What the task requires: Please count the lines below that contain the word "WrongArguments", and reply with that number alone.

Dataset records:
##########

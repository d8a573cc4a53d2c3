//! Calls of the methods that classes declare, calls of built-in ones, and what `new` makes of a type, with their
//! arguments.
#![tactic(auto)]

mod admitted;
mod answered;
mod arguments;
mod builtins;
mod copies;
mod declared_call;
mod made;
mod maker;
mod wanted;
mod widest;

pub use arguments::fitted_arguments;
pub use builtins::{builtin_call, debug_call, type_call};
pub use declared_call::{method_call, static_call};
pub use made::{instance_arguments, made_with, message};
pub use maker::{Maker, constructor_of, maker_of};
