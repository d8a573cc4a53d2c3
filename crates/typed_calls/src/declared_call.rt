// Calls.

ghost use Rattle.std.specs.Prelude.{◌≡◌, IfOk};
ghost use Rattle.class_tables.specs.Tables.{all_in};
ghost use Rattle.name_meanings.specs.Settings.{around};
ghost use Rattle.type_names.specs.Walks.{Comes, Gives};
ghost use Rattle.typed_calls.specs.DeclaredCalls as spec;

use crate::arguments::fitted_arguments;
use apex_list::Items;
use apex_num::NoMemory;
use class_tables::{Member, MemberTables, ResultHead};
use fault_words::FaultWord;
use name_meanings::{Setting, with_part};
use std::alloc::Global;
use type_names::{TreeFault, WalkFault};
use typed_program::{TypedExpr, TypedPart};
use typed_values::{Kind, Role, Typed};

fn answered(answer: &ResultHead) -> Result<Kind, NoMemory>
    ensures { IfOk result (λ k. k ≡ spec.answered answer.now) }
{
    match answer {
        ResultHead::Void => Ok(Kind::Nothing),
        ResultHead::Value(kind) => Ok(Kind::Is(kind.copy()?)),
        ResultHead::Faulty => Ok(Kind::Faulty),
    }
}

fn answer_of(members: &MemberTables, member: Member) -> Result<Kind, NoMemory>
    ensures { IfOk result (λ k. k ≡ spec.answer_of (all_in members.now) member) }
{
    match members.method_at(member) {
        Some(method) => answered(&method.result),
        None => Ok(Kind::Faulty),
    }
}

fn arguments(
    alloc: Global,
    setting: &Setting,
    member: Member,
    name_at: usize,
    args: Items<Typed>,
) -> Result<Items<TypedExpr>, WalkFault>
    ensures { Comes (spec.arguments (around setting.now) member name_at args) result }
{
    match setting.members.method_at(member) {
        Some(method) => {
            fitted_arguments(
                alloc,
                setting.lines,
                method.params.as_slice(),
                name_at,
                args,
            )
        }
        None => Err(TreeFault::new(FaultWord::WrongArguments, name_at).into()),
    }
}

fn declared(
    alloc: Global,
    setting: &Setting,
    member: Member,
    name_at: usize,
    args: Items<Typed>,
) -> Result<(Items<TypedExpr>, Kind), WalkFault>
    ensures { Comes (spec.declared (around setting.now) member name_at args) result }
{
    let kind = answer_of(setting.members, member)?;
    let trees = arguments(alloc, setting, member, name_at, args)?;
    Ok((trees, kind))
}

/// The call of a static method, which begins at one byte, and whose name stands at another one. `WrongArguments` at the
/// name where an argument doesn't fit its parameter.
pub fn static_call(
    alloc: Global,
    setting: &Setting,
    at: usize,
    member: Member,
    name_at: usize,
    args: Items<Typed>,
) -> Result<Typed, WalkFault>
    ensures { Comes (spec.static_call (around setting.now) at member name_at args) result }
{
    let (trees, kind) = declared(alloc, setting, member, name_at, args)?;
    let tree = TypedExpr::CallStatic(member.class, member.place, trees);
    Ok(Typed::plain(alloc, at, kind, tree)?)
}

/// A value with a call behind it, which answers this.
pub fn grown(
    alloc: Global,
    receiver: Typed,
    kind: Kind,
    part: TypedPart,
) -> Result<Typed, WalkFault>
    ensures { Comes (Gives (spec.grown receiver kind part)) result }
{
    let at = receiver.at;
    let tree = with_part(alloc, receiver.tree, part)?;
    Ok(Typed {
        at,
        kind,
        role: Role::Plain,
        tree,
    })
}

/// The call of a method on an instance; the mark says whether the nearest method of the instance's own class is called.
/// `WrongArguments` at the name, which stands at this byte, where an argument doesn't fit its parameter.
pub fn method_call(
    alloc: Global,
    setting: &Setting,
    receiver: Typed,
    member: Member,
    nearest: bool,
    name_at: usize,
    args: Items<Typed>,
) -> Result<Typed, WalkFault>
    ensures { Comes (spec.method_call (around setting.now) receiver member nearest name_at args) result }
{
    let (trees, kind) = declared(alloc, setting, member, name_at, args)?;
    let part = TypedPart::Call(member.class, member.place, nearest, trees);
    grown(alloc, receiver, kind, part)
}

##########

Solution: 3